Lowering drug copays is cost neutral but still beneficial

Reducing copayments for cardiovascular medications among low-risk patients appeared to be cost neutral, according to a study published online Oct. 3 in the Journal of the American College of Cardiology. Still, the policy change trimmed out-of-pocket expenditures and resource use.

At AHA.11, Niteesh K. Choudhry, MD, PhD, an associate physician at Brigham and Women’s Hospital in Boston, unveiled results from MI FREEE (Post-Myocardial Infarction Free Rx and Economic Evaluation), a randomized controlled policy study that evaluated whether lowering copayments for statins, beta-blockers and angiotensin II receptor blockers for patients recently discharged after an MI improved adherence, clinical outcomes and healthcare spending (N Engl J Med 2011;365:2088-2097). In that study, they found no significant difference between the fully covered group and the standard group for a first major vascular event or revascularization. But the fully covered group had better adherence, reduced rates of total major vascular events and reduced costs to patients, at no additional cost to the insurer.
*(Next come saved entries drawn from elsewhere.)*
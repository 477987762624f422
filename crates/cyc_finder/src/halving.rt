//! Halving over things by rising id, where they are many with no branch that an id decides.

ghost use Rattle.std.specs.Prelude.{◌≤◌, ◌<◌, ◌+◌, ◌≡◌, ◌⊎◌, length};
ghost use Rattle.cyc_finder.specs.Sorted.{Rises};
ghost use Rattle.cyc_finder.specs.Halving.{IsIn, IsUpTo, IsAbove};

use crate::sorted::HasId;
use cyc_types::CyclicId;

/// A run of things: so many from a position on.
#[derive(Clone, Copy)]
pub(crate) struct Run {
    pub(crate) base: usize,
    pub(crate) size: usize,
}

/// One of two positions: the upper one where the thing at `middle` has at most this id, else the lower one.
#[inline(always)]
fn reach<T: HasId>(things: &[T], id: CyclicId, middle: usize, lower: usize, upper: usize) -> usize
    requires { middle < length things.now }
    ensures { (IsUpTo T.id_of things.now id middle × (result ≡ upper))
        ⊎ (IsAbove T.id_of things.now id middle × (result ≡ lower)) }
{
    if things[middle].is_up_to(id) {
        upper
    } else {
        lower
    }
}

/// The half of the run that can have the id, of the larger size where the two sizes differ. A run of one thing stays.
#[inline(always)]
fn halve<T: HasId>(things: &[T], id: CyclicId, run: Run) -> Run
    requires rises { Rises T.id_of things.now }
    requires here { IsIn T.id_of things.now id run.base run.size }
    ensures here { IsIn T.id_of things.now id result.base result.size }
    ensures size { result.size ≤ run.size }
    ensures less { 1 < run.size → result.size < run.size }
{
    if run.size < 2 {
        return run;
    }
    let half = run.size / 2;
    let middle = run.base + half;
    Run {
        base: reach(things, id, middle, run.base, middle),
        size: run.size - half,
    }
}

/// The quarter of the run that can have the id, of the largest size where the sizes differ. A run of fewer than four stays.
///
/// The three comparisons don't wait for each other, as those of two halvings do.
#[inline(always)]
fn quarter<T: HasId>(things: &[T], id: CyclicId, run: Run) -> Run
    requires rises { Rises T.id_of things.now }
    requires here { IsIn T.id_of things.now id run.base run.size }
    ensures here { IsIn T.id_of things.now id result.base result.size }
    ensures size { result.size ≤ run.size }
    ensures less { 3 < run.size → result.size < run.size }
{
    if run.size < 4 {
        return run;
    }
    let step = run.size / 4;
    let second = run.base + step;
    let third = second + step;
    let last = third + step;
    let lower = reach(things, id, second, run.base, second);
    let upper = reach(things, id, last, third, last);
    Run {
        base: reach(things, id, third, lower, upper),
        size: run.size - 3 * step,
    }
}

/// Halves the run to one thing.
///
/// In a loop LLVM makes a branch of each choice between two positions. Among few these are mostly foretold, as where one id is
/// looked up again and again.
#[inline(always)]
pub(crate) fn halve_few<T: HasId>(things: &[T], id: CyclicId, run: Run) -> Run
    requires rises { Rises T.id_of things.now }
    requires here { IsIn T.id_of things.now id run.base run.size }
    ensures here { IsIn T.id_of things.now id result.base result.size }
    ensures one { result.size ≤ 1 }
{
    let mut run = run;
    while run.size > 1 {
        run = halve(things, id, run);
    }
    run
}

/// Quarters the run four times and halves it twice, or until one thing is left.
///
/// Straight code outside any loop: there LLVM keeps a choice between two positions as a conditional move, where in a loop it
/// makes a branch of it, which among many is foretold wrongly every second time. What is skipped hangs on the size alone.
#[inline(never)]
fn narrow<T: HasId>(things: &[T], id: CyclicId, run: Run) -> Run
    requires rises { Rises T.id_of things.now }
    requires here { IsIn T.id_of things.now id run.base run.size }
    ensures here { IsIn T.id_of things.now id result.base result.size }
    ensures less { 1 < run.size → result.size < run.size }
{
    let run = quarter(things, id, run);
    let run = quarter(things, id, run);
    let run = quarter(things, id, run);
    let run = quarter(things, id, run);
    let run = halve(things, id, run);
    halve(things, id, run)
}

/// Narrows the run to one thing.
pub(crate) fn narrow_many<T: HasId>(things: &[T], id: CyclicId, run: Run) -> Run
    requires rises { Rises T.id_of things.now }
    requires here { IsIn T.id_of things.now id run.base run.size }
    ensures here { IsIn T.id_of things.now id result.base result.size }
    ensures one { result.size ≤ 1 }
{
    let mut run = run;
    while run.size > 1 {
        run = narrow(things, id, run);
    }
    run
}
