//! One soft side of a CPU between threads.

ghost use Rattle.std.specs.Prelude.{◌≡◌, ◌≢◌, None};
ghost use Rattle.std.specs.Option.{ForSome};
ghost use Rattle.cyc_ring.specs.Ends.{IsDrainSeatOf};
ghost use Rattle.cyc_border.specs.Seats.{TakesSeat, FinishesSeat, hand_in};

use cyc_ring::{DrainEnd, DrainSeat, Ring};
use cyc_types::{CyclicId, Drain, Finished};
use std::alloc::Global;
use std::sync::Arc;

/// The soft side of one level: each call is that of a `DrainEnd`, which is made for it of the seat. The seat is there between
/// any two calls.
#[derive(Drop)]
pub struct SoftSide {
    pub(crate) ring: Arc<Ring, Global>,
    pub(crate) seat: Option<DrainSeat>,
    ghost there: { seat ≢ None },
    ghost own: { ForSome seat (λ s. IsDrainSeatOf ring.value s) },
}

impl SoftSide {
    /// The cyclic whose handler the caller is to call next: the one in hand, else the one that a look finds.
    pub fn take(&mut self) -> Option<CyclicId>
        ensures took { TakesSeat result self.old.seat self.new.seat }
        ensures ring { self.new.ring.value ≡ self.old.ring.value }
    {
        let seat = self.seat.take().unwrap();
        let mut end = DrainEnd::new(&self.ring, seat);
        let found = match end.hand() {
            Some(id) => Some(id),
            None => end.take(),
        };
        self.seat = Some(end.into_seat());
        found
    }

    /// The cyclic in hand, whose call was taken and is not finished.
    pub fn hand(&mut self) -> Option<CyclicId>
        ensures hand { result ≡ hand_in self.old.seat }
        ensures seat { self.new.seat ≡ self.old.seat }
        ensures ring { self.new.ring.value ≡ self.old.ring.value }
    {
        let seat = self.seat.take().unwrap();
        let end = DrainEnd::new(&self.ring, seat);
        let found = end.hand();
        self.seat = Some(end.into_seat());
        found
    }

    /// Counts the call of the cyclic in hand. None where none is.
    pub fn finish(&mut self) -> Option<Finished>
        ensures finished { FinishesSeat result self.old.seat self.new.seat }
        ensures ring { self.new.ring.value ≡ self.old.ring.value }
    {
        let seat = self.seat.take().unwrap();
        let mut end = DrainEnd::new(&self.ring, seat);
        let Some(_id) = end.hand() else {
            self.seat = Some(end.into_seat());
            return None;
        };
        let answer = end.finish();
        self.seat = Some(end.into_seat());
        Some(answer)
    }
}
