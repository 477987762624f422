//! The laws of a fire in parts: the parts are one fire, and what was handed out is counted once, also where the CPU is suspended.

ghost use Rattle.std.specs.Prelude.{◌≡◌, ℕ, ◌<◌, ◌≤◌, ◌↔◌, true, false, List, [], ◌∷◌, ◌++◌, All, Option, Some, None, Result, Ok};
ghost use Rattle.std.specs.List.{FoldsTo};
ghost use Rattle.cyc_types.specs.Series.{never};
ghost use Rattle.cyc_types.specs.Timers.{IsSoundTimer, HasDistinctIds};
ghost use Rattle.cyc_timers.specs.Rows.{timers};
ghost use Rattle.cyc_cpu.specs.Cpu.{CpuView};
ghost use Rattle.cyc_timers.specs.declared.fire.Fired.{Fired};
ghost use Rattle.cyc_timers.specs.declared.fire.FireRefused.{FireRefused};
ghost use Rattle.cyc_border.specs.Border.{FiresPart, stopped_at};
ghost use Rattle.cyc_border.specs.Parts.{PartCall, Part, IsPart, IsRest, IsPaused, MakesPart, paused, answers, asleep, awake};
ghost use Rattle.cyc_border.specs.Parts.{IsOneFire, Counts};

use cyc_types::Raise;

/// What a part of a fire makes: the front of the fire's list, in order, and of the high cyclics none but the one that was handed
/// out, and that once.
///
/// It does nothing when it runs: its clause is the law.
pub fn parts_law<R: Raise>()
    ensures { (now : ℕ) (answer : Result Fired FireRefused) (high high' : Option ℕ) (v w : CpuView R)
        → FiresPart R.Raise now answer high v high' w → IsPart now answer high v }
{}

/// While a CPU is suspended, and only then, a fire answers so, with no count; the CPU and what is handed out are as they were.
///
/// It does nothing when it runs: its clauses are the law.
pub fn suspended_law<R: Raise>()
    ensures answer { (now : ℕ) (answer : Result Fired FireRefused) (high high' : Option ℕ) (v w : CpuView R)
        → FiresPart R.Raise now answer high v high' w → ((v.suspended ≡ true) ↔ (answer ≡ asleep)) }
    ensures same { (now : ℕ) (answer : Result Fired FireRefused) (high high' : Option ℕ) (v w : CpuView R)
        → FiresPart R.Raise now answer high v high' w → v.suspended ≡ true → (w ≡ v) × (high' ≡ high) }
{}

/// A high cyclic that was handed out stays so while the CPU is suspended: however often it is suspended and resumed, and whatever
/// fires are refused meanwhile, the first fire at that moment or a later one that is made counts it, before all others, and calls
/// no other handler.
///
/// It does nothing when it runs: its clause is the law.
pub fn handed_out_law<R: Raise>()
    ensures { (now later id : ℕ) (stop answer : Result Fired FireRefused) (calls : List PartCall) (high high' high'' : Option ℕ)
        (u v w x : CpuView R) → later < never → now ≤ later → HasDistinctIds (timers u.cyclics)
        → All IsSoundTimer (timers u.cyclics)
        → FiresPart R.Raise now stop high u (Some id) v → stopped_at stop ≡ Some id
        → All IsRest calls → FoldsTo (MakesPart R.Raise) (paused (Some id) v) calls (paused high' w)
        → FiresPart R.Raise later answer high' w high'' x → w.suspended ≡ false
        → (high' ≡ Some id) × Counts later answer id (timers w.cyclics) }
{}

/// A fire in parts is one fire: where a CPU is fired at one moment again and again, each time but the last stopping in front of a
/// high cyclic, all that was due is made once, in order, the handlers are called for the cyclics that were handed out, in that
/// order, and what the parts counted is what one fire counts. The CPU may be suspended and resumed between any two of them, and
/// fires that are refused meanwhile count for nothing.
///
/// It does nothing when it runs: its clause is the law.
pub fn whole_fire_law<R: Raise>()
    ensures { (now : ℕ) (calls : List PartCall) (last : Fired) (v w : CpuView R) → now < never → HasDistinctIds (timers v.cyclics)
        → All IsSoundTimer (timers v.cyclics) → All (IsPaused now) calls
        → FoldsTo (MakesPart R.Raise) (paused None v) (calls ++ Part now (Ok last) ∷ []) (paused None w)
        → IsOneFire R.Raise now (answers calls) last (awake v) w }
{}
The present study was designed by Choudhry and colleagues to investigate the impact of lowering copayments for evidence-based therapies among low-risk patients, taking advantage of a policy change introduced Jan. 1, 2007, by the employer Pitney Bowes. The company reduced copayments for statins for patients being treated for vascular disease or diabetes and for clopidogrel (Plavix, Bristol-Myers Squibb/Sanofi-Aventis) for all patients prescribed the medication.

They identified 2,830 patients (2,051 statin users and 779 clopidogrel users) who received prescriptions between Jan. 1, 2006 and Dec. 31, 2007, and who were eligible for copayment reductions. For a control, they included 49,801 patients (38,174 statin users and 11,627 clopidogrel users) enrolled in standard insurance plans.

Mean monthly patient costs dropped steeply in the reduced copayment groups while costs edged up in the control groups. The increase in the monthly rate of adherence totaled 7.1 percentage points among statin users and 5.9 percentage points among clopidogrel users compared with the control groups. Beneficiaries of the new policy had lower rates of physician visits, hospitalizations and emergency department admissions but not of major coronary events or coronary revascularization.

The insurer’s combined pharmacy and medical spending rose in the reduced copayment group but the patients’ costs for out-of-pocket drugs and other medical services dropped, making overall costs unchanged.

“Using formal econometric techniques applied to real-world data in the present study, we observed reductions in resource use,” Choudhry et al wrote. “In light of the results of MI FREEE, the magnitude of the changes we observed would plausibly be expected from the previously reported modest but significant improvements in adherence resulting from this policy. However, we found that these beneficial changes were not associated with an increase or a decrease in combined patient and insurer spending or clinical event rates.”

They suggested that the clinical benefit of medication use in these lower risk patients may not have become apparent within the study timeframe; that lower-risk patients may derive less benefit from drugs such as clopidogrel; or that, as in MI FREEE, the lack of clinical benefit may be attributed to no differences in revascularization rates between the two patient groups. Limitations to the study included a modest sample size, the potential for utilization trends that the study didn’t capture and the potential for unmeasured differences between the patient groups.

Nonetheless, the study demonstrated other benefits, including a 35 percent and 28 percent reduction in out-of-pocket payments by patients for statins and clopidogrel, respectively. Based on their findings, copayment reductions may be applicable in a wide range of for cardiovascular medications and other at-risk patient groups, Choudhry et al suggested.  

“Our finding that reducing copayments for statins and clopidogrel was cost neutral in the first 12 months of the policy's implementation should be reassuring and may be a sufficiently attractive outcome to promote the greater use of this strategy, especially given that there are few, if any, quality improvement interventions that actually reduce health spending,” the authors wrote.